# Canon maintenance cartridge chip resetters on ebay



## Kit Lens Jockey (Mar 1, 2019)

Does anyone have any experience with these little electronic tools they sell on ebay that reset the chips on the maintenance cartridges for the PRO-1000, 2000, 4000, 6000 line of printers?

I just discovered that the cartridge for the big printers is a whopping $90 from Canon.  There is no way I'm paying $90 for what is essentially just a plastic box with absorbent felt inside it. The cartridge is also very easily taken apart. If possible, in the future, I'm just going to replace the felt inside and reset the chip.

If the resetters don't work, I'm also wondering if I can just buy a new cartridge for the PRO-1000 (only $15) and swap the chip into the larger cartridge as a way of getting the printer to recognize it as a new cartridge.

I'm all about using genuine Canon ink in such an expensive printer, but spending so much on this silly maintenance cartridge is just ridiculous.


----------



## privatebydesign (Mar 1, 2019)

I have experience with for them on Epson printers. They work fine but you have to follow any instructions, with the Epson’s you had to reset them before they were 3/4 full as they have two electronic indicators and once the full warning is given they can’rt be reset.

Swapping chips won’t work, the printer knows the difference between the tanks.

I have also used the ink cartridge resetters and they work well too, again just follow any instructions. These were for Epson printers too.


----------



## privatebydesign (Mar 1, 2019)

Having said that I used to go through maintenance tanks on the Epson’s like candy, I have had the Pro-2000 for nearly two years and haven’t changed it yet.


----------



## Kit Lens Jockey (Mar 1, 2019)

Yeah, the cartridge for the larger printers is pretty massive. I just got a PRO-4000 used, and the cartridge is actually full. I have a feeling the last owner didn't use it like it was meant to be used and ended up wasting a lot of ink and filling the cartridge fast.

Where do you get new absorbent material to go into the cartridge? I see you can get kits that have it pre-cut on ebay, but the prices for those are almost as obscene as a new factory cartridge. I think I read it's some sort of polyester? I'm sure the actual material doesn't matter too awfully much, as long as it absorbs the ink and holds it.


----------



## privatebydesign (Mar 1, 2019)

New absorbent material? Panty liners, they cost $3 for more than you’ll ever need.


----------



## privatebydesign (Mar 1, 2019)

If you leave the printer plugged in then it will do regular check and cleaning cycles by default so people who don’t use the printer and leave it plugged in will fill the maintenance tank quicker than those that actually use the printer.


----------



## Mt Spokane Photography (Mar 1, 2019)

Kit Lens Jockey said:


> Yeah, the cartridge for the larger printers is pretty massive. I just got a PRO-4000 used, and the cartridge is actually full. I have a feeling the last owner didn't use it like it was meant to be used and ended up wasting a lot of ink and filling the cartridge fast.
> 
> Where do you get new absorbent material to go into the cartridge? I see you can get kits that have it pre-cut on ebay, but the prices for those are almost as obscene as a new factory cartridge. I think I read it's some sort of polyester? I'm sure the actual material doesn't matter too awfully much, as long as it absorbs the ink and holds it.
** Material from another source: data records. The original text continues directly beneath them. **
// A terminal's calls: the work of each is lent its state in parts, the numbers of its head by value and the arrays that it looks at.
#![tactic(auto)]

ghost use Rattle.std.specs.Prelude.{true, false, ◌≡◌, ◌*◌, ◌≤◌, length, take};
ghost use Rattle.group.specs.Limits.{members_most, held_most, payload_most};
ghost use Rattle.member.specs.declared.Answer as memberAnswer;
ghost use Rattle.sequencer.specs.declared.Answer as sequencerAnswer;
ghost use Rattle.packet.specs.Packet.{request_kind, content_of, read_of};
ghost use Rattle.history.specs.View.{Places};
ghost use Rattle.recovery.specs.Calls.{of_reset, floor_in};
ghost use Rattle.recovery.specs.Promise.{Received};
ghost use Rattle.recovery.specs.Steps.{with_member_head, with_sequencer_head};
ghost use Rattle.recovery.specs.View.{whole};
ghost use Rattle.terminals.specs.Promise.{Submits, Repeats, Reports, Takes, Asks, Hears, Polls, Copies, Orders};
ghost use Rattle.terminals.specs.Steps.{Remembers, frozen_refusal, closed_refusal, refusal_after, resets, floor_said, read_after, heard_head};

use attempt::Done;
use group::{Group, Refusal, SequenceNumber};
use packet::{Header, Packet};
use recovery::Head;

// What the work of a sequencer's call for packets gives back: the next head, and what the caller is told.
#[derive(Clone, Copy)]
pub struct Step {
    pub head: Head,
    pub reply: sequencer::Reply,
}

// A no of the member's end, and of the sequencer's.
fn refused(refusal: Refusal) -> member::Reply
    ensures { result ≡ record { answer = memberAnswer.Answer.Refused refusal; written = 0 } }
{
    let answer = member::Answer::Refused(refusal);
    member::Reply { answer, written: 0 }
}

fn order_refused(refusal: Refusal) -> sequencer::Reply
    ensures { result ≡ record { answer = sequencerAnswer.Answer.Refused refusal; written = 0 } }
{
    let answer = sequencer::Answer::Refused(refusal);
    sequencer::Reply { answer, written: 0 }
}

// The head with its member's replaced.
fn with_member(head: Head, member: member::Head) -> Head
    ensures { result ≡ with_member_head head member }
{
    Head { member, ..head }
}

// The work of a submission.
pub fn submit_on(
    head: Head,
    queued: &mut [u32; Group::WAITING],
    held: &mut [u32; Group::HELD],
    queued_originators: &mut [u8; Group::WAITING],
    queued_lengths: &mut [u8; Group::WAITING],
    held_originators: &mut [u8; Group::HELD],
    held_lengths: &mut [u8; Group::HELD],
    queued_payloads: &mut [u8; Group::WAITING_BYTES],
    held_payloads: &mut [u8; Group::HELD_BYTES],
    past: &[u32; Group::PLACES],
    past_originators: &[u8; Group::PLACES],
    past_lengths: &[u8; Group::PLACES],
    past_payloads: &[u8; Group::HISTORY_BYTES],
    highest: &[u32; Group::MEMBERS],
    replies: &[u32; Group::MEMBERS],
    payload: &[u8],
    out: &mut [u8],
) -> Done
    ensures { Submits head queued.old held.old queued_originators.old queued_lengths.old held_originators.old held_lengths.old queued_payloads.old held_payloads.old past.now past_originators.now past_lengths.now past_payloads.now highest.now replies.now payload.now out.old result.reply result.head queued.new held.new queued_originators.new queued_lengths.new held_originators.new held_lengths.new queued_payloads.new held_payloads.new out.new }
{
    if recovery::beside_sound(
        head,
        past,
        past_originators,
        past_lengths,
        past_payloads,
        highest,
        replies,
    ) {
        let done = member_calls::submit_on(
            head.member,
            queued,
            held,
            queued_originators,
            queued_lengths,
            held_originators,
            held_lengths,
            queued_payloads,
            held_payloads,
            payload,
            out,
        );
        return Done {
            head: with_member(head, done.head),
            reply: done.reply,
        };
    }
    let reply = refused(Refusal::UnsoundState);
    Done { head, reply }
}

// The work of a repeat.
pub fn repeat_on(
    head: Head,
    queued: &[u32; Group::WAITING],
    held: &[u32; Group::HELD],
    queued_originators: &[u8; Group::WAITING],
    queued_lengths: &[u8; Group::WAITING],
    held_originators: &[u8; Group::HELD],
    held_lengths: &[u8; Group::HELD],
    queued_payloads: &[u8; Group::WAITING_BYTES],
    held_payloads: &[u8; Group::HELD_BYTES],
    past: &[u32; Group::PLACES],
    past_originators: &[u8; Group::PLACES],
    past_lengths: &[u8; Group::PLACES],
    past_payloads: &[u8; Group::HISTORY_BYTES],
    highest: &[u32; Group::MEMBERS],
    replies: &[u32; Group::MEMBERS],
    out: &mut [u8],
) -> member::Reply
    ensures { Repeats head queued.now held.now queued_originators.now queued_lengths.now held_originators.now held_lengths.now queued_payloads.now held_payloads.now past.now past_originators.now past_lengths.now past_payloads.now highest.now replies.now out.old result out.new }
{
    if recovery::beside_sound(
        head,
        past,
        past_originators,
        past_lengths,
        past_payloads,
        highest,
        replies,
    ) {
        return member_calls::repeat_on(
            head.member,
            queued,
            held,
            queued_originators,
            queued_lengths,
            held_originators,
            held_lengths,
            queued_payloads,
            held_payloads,
            out,
        );
    }
    refused(Refusal::UnsoundState)
}

// The work of a status call.
pub fn status_on(
    head: Head,
    queued: &[u32; Group::WAITING],
    held: &[u32; Group::HELD],
    queued_originators: &[u8; Group::WAITING],
    queued_lengths: &[u8; Group::WAITING],
    held_originators: &[u8; Group::HELD],
    held_lengths: &[u8; Group::HELD],
    queued_payloads: &[u8; Group::WAITING_BYTES],
    held_payloads: &[u8; Group::HELD_BYTES],
    past: &[u32; Group::PLACES],
    past_originators: &[u8; Group::PLACES],
    past_lengths: &[u8; Group::PLACES],
    past_payloads: &[u8; Group::HISTORY_BYTES],
    highest: &[u32; Group::MEMBERS],
    replies: &[u32; Group::MEMBERS],
    out: &mut [u8],
) -> member::Reply
    ensures { Reports head queued.now held.now queued_originators.now queued_lengths.now held_originators.now held_lengths.now queued_payloads.now held_payloads.now past.now past_originators.now past_lengths.now past_payloads.now highest.now replies.now out.old result out.new }
{
    if recovery::beside_sound(
        head,
        past,
        past_originators,
        past_lengths,
        past_payloads,
        highest,
        replies,
    ) {
        return member_calls::status_on(
            head.member,
            queued,
            held,
            queued_originators,
            queued_lengths,
            held_originators,
            held_lengths,
            queued_payloads,
            held_payloads,
            out,
        );
    }
    refused(Refusal::UnsoundState)
}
For my epson 3880, I use paper towls, folding them to fit the waste tank. I can reset the waste tank any time, even when full. After a few years of alternating two tanks, one stopped resetting, so I just bought a replacement. When I get the full warning, I swap out my spare that's been refilled and reset, and then clean out and reset the other.

I ue the oversized Cone ink tanks which have two custom chips that reset any empty ink tanks or the waste tank. I have a chip resetter for my Epson 7600 but have never had to replace the maintenance tank, and only used it to reset a couple of ink tanks that incorrectly gave a empty signal when they were new. I don't refill those.


----------



## LDS (Mar 1, 2019)

Kit Lens Jockey said:


> I just got a PRO-4000 used, and the cartridge is actually full. I have a feeling the last owner didn't use it like it was meant to be used and ended up wasting a lot of ink and filling the cartridge fast.



Don't those printers need to flush the ink system before being transported, and that fills the cartridges?


----------



## privatebydesign (Mar 1, 2019)

LDS said:


> Don't those printers need to flush the ink system before being transported, and that fills the cartridges?


There are different levels of flushing for transport depending on how you are moving it. But on a complete empty/flush for a head replacement it major move Keith said it took over a tank!

Interestingly he also said Canon themselves don’t follow the guidelines when moving printers for exhibition demos.


----------



## Kit Lens Jockey (Mar 1, 2019)

Yeah, I'm not all about the "recommended" procedures for transporting these printers when it means plowing through two or three $90 maintenance cartridges. And based on Keith's estimates of how much ink a PRO-2000 empties out to move it (one and a half liters), you're looking at losing about *nine hundred dollars* worth of ink just to move the printer. 

I'm not saying that the need for emptying out the ink to move them is completely unnecessary. I'm sure Canon has their reasons, but I don't think avoiding the risk of moving it with ink still in it is worth over a thousand dollars of ink and maintenance cartilages that you have to blow through in order to get the printer ready to move, especially when I see this post about someone who foolishly tilted his PRO-1000 _on end_ with ink in it, and seemingly was ok afterwards.






Tilted my Canon Pro-1000 during transport. Now what?: Printers and Printing Forum: Digital Photography Review


Expert news, reviews and videos of the latest digital cameras, lenses, accessories, and phones. Get answers to your questions in our photography forums.




www.dpreview.com





When I bought the printer, I tried to execute the command to prepare to move the printer "to a different place on the same floor" which to my understanding uses the least ink and locks the print head in place, but the cartridge said it was full shortly after I did that. And without a spare cartridge and with a rented moving van waiting outside to get the printer into it, there was really no choice but to move it.

The printer didn't seem to protest too much once I got it set up in its new home, but it's not going to do anything until I get a new maintenance cartridge in there. I broke down and bought a new one because right now I just want to get it running and make sure it's ok. It should arrive in a couple days. I'll update with how it is. But again there wasn't any sort of error noticeable when I turned it on, aside from the cartridge being full.


----------